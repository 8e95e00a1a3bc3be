// Why a boot brings no site, and why a request has no answer.

ghost use Rattle.std.specs.Prelude.{◌≡◌};

use std::alloc::AllocError;
use tq_devtab::{CreationError, TableError};
use tq_host::{Device, Failed};
use tq_site::JournalError;
use tq_spacefile::FileError;

/// Why a boot brings no site.
#[derive(Clone, Copy, Debug, Drop, PartialEq, Eq)]
pub enum BootFailure {
    /// The device's bytes have no reading, or its epoch cannot be raised; nothing is written.
    Damaged,
    /// There is no memory; nothing is written.
    Memory,
    /// A device failed.
    Device,
}

impl From<FileError> for BootFailure {
    ghost use Rattle.tq_coord.specs.Counts.{boot_failure_of};

    ghost from_gives = { λ error e. e ≡ boot_failure_of error };

    fn from(error: FileError) -> BootFailure {
        match error {
            FileError::Damaged => BootFailure::Damaged,
            FileError::Device => BootFailure::Device,
            FileError::NoMemory => BootFailure::Memory,
        }
    }
}

impl From<TableError> for BootFailure {
    ghost use Rattle.tq_coord.specs.Counts.{boot_failure_of_table};

    ghost from_gives = { λ error e. e ≡ boot_failure_of_table error };

    fn from(error: TableError) -> BootFailure {
        match error {
            TableError::Damaged => BootFailure::Damaged,
            TableError::Device => BootFailure::Device,
            TableError::NoMemory => BootFailure::Memory,
        }
    }
}

impl From<JournalError> for BootFailure {
    ghost use Rattle.tq_coord.specs.Counts.{boot_failure_of_journal};

    ghost from_gives = { λ error e. e ≡ boot_failure_of_journal error };

    fn from(error: JournalError) -> BootFailure {
        match error {
            JournalError::Damaged => BootFailure::Damaged,
            JournalError::Device => BootFailure::Device,
            JournalError::NoMemory => BootFailure::Memory,
        }
    }
}

impl From<Device> for BootFailure {
    ghost use Rattle.tq_coord.specs.declared.failure.BootFailure.TheVariants as boots;

    ghost from_gives = { λ _ e. e ≡ boots.Device };

    fn from(_device: Device) -> BootFailure {
        BootFailure::Device
    }
}

impl From<AllocError> for BootFailure {
    ghost use Rattle.tq_coord.specs.declared.failure.BootFailure.TheVariants.{Memory};

    ghost from_gives = { λ _ e. e ≡ Memory };

    fn from(_no_memory: AllocError) -> BootFailure {
        BootFailure::Memory
    }
}

impl From<Failed> for BootFailure {
    ghost use Rattle.tq_coord.specs.declared.failure.BootFailure.TheVariants.{Device};

    ghost from_gives = { λ _ e. e ≡ Device };

    fn from(_failed: Failed) -> BootFailure {
        BootFailure::Device
    }
}

/// Why a request has no answer.
#[derive(Clone, Copy, Debug, Drop, PartialEq, Eq)]
pub enum Failure {
    /// There is no memory.
    Memory,
    /// A device failed.
    Device,
}

impl From<AllocError> for Failure {
    ghost use Rattle.tq_coord.specs.declared.failure.Failure.TheVariants.{Memory};

    ghost from_gives = { λ _ e. e ≡ Memory };

    fn from(_no_memory: AllocError) -> Failure {
        Failure::Memory
    }
}

impl From<Failed> for Failure {
    ghost use Rattle.tq_coord.specs.declared.failure.Failure.TheVariants.{Device};

    ghost from_gives = { λ _ e. e ≡ Device };

    fn from(_failed: Failed) -> Failure {
        Failure::Device
    }
}

impl From<Device> for Failure {
    ghost use Rattle.tq_coord.specs.declared.failure.Failure.TheVariants as failures;

    ghost from_gives = { λ _ e. e ≡ failures.Device };

    fn from(_device: Device) -> Failure {
        Failure::Device
    }
}

impl From<CreationError> for Failure {
    ghost use Rattle.tq_coord.specs.Counts.{failure_of_creation};

    ghost from_gives = { λ error e. e ≡ failure_of_creation error };

    fn from(error: CreationError) -> Failure {
        match error {
            CreationError::Device => Failure::Device,
            CreationError::NoMemory => Failure::Memory,
        }
    }
}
·····
- _Activity_
Keep every word as given and return the full listing.

- _Task result_
repository 8e95e00a1a3bc3be
// Why a boot brings no site, and why a request has no answer.

ghost use Rattle.std.specs.Prelude.{◌≡◌};

use std::alloc::AllocError;
use tq_devtab::{CreationError, TableError};
use tq_host::{Device, Failed};
use tq_site::JournalError;
use tq_spacefile::FileError;

/// Why a boot brings no site.
#[derive(Clone, Copy, Debug, Drop, PartialEq, Eq)]
pub enum BootFailure {
    /// The device's bytes have no reading, or its epoch cannot be raised; nothing is written.
    Damaged,
    /// There is no memory; nothing is written.
    Memory,
    /// A device failed.
    Device,
}

impl From<FileError> for BootFailure {
    ghost use Rattle.tq_coord.specs.Counts.{boot_failure_of};

    ghost from_gives = { λ error e. e ≡ boot_failure_of error };

    fn from(error: FileError) -> BootFailure {
        match error {
            FileError::Damaged => BootFailure::Damaged,
            FileError::Device => BootFailure::Device,
            FileError::NoMemory => BootFailure::Memory,
        }
    }
}

impl From<TableError> for BootFailure {
    ghost use Rattle.tq_coord.specs.Counts.{boot_failure_of_table};

    ghost from_gives = { λ error e. e ≡ boot_failure_of_table error };

    fn from(error: TableError) -> BootFailure {
        match error {
            TableError::Damaged => BootFailure::Damaged,
            TableError::Device => BootFailure::Device,
            TableError::NoMemory => BootFailure::Memory,
        }
    }
}

impl From<JournalError> for BootFailure {
    ghost use Rattle.tq_coord.specs.Counts.{boot_failure_of_journal};

    ghost from_gives = { λ error e. e ≡ boot_failure_of_journal error };

    fn from(error: JournalError) -> BootFailure {
        match error {
            JournalError::Damaged => BootFailure::Damaged,
            JournalError::Device => BootFailure::Device,
            JournalError::NoMemory => BootFailure::Memory,
        }
    }
}

impl From<Device> for BootFailure {
    ghost use Rattle.tq_coord.specs.declared.failure.BootFailure.TheVariants as boots;

    ghost from_gives = { λ _ e. e ≡ boots.Device };

    fn from(_device: Device) -> BootFailure {
        BootFailure::Device
    }
}

impl From<AllocError> for BootFailure {
    ghost use Rattle.tq_coord.specs.declared.failure.BootFailure.TheVariants.{Memory};

    ghost from_gives = { λ _ e. e ≡ Memory };

    fn from(_no_memory: AllocError) -> BootFailure {
        BootFailure::Memory
    }
}

impl From<Failed> for BootFailure {
    ghost use Rattle.tq_coord.specs.declared.failure.BootFailure.TheVariants.{Device};

    ghost from_gives = { λ _ e. e ≡ Device };

    fn from(_failed: Failed) -> BootFailure {
        BootFailure::Device
    }
}

/// Why a request has no answer.
#[derive(Clone, Copy, Debug, Drop, PartialEq, Eq)]
pub enum Failure {
    /// There is no memory.
    Memory,
    /// A device failed.
    Device,
}

impl From<AllocError> for Failure {
    ghost use Rattle.tq_coord.specs.declared.failure.Failure.TheVariants.{Memory};

    ghost from_gives = { λ _ e. e ≡ Memory };

    fn from(_no_memory: AllocError) -> Failure {
        Failure::Memory
    }
}

impl From<Failed> for Failure {
    ghost use Rattle.tq_coord.specs.declared.failure.Failure.TheVariants.{Device};

    ghost from_gives = { λ _ e. e ≡ Device };

    fn from(_failed: Failed) -> Failure {
        Failure::Device
    }
}

impl From<Device> for Failure {
    ghost use Rattle.tq_coord.specs.declared.failure.Failure.TheVariants as failures;

    ghost from_gives = { λ _ e. e ≡ failures.Device };

    fn from(_device: Device) -> Failure {
        Failure::Device
    }
}

impl From<CreationError> for Failure {
    ghost use Rattle.tq_coord.specs.Counts.{failure_of_creation};

    ghost from_gives = { λ error e. e ≡ failure_of_creation error };

    fn from(error: CreationError) -> Failure {
        match error {
            CreationError::Device => Failure::Device,
            CreationError::NoMemory => Failure::Memory,
        }
    }
}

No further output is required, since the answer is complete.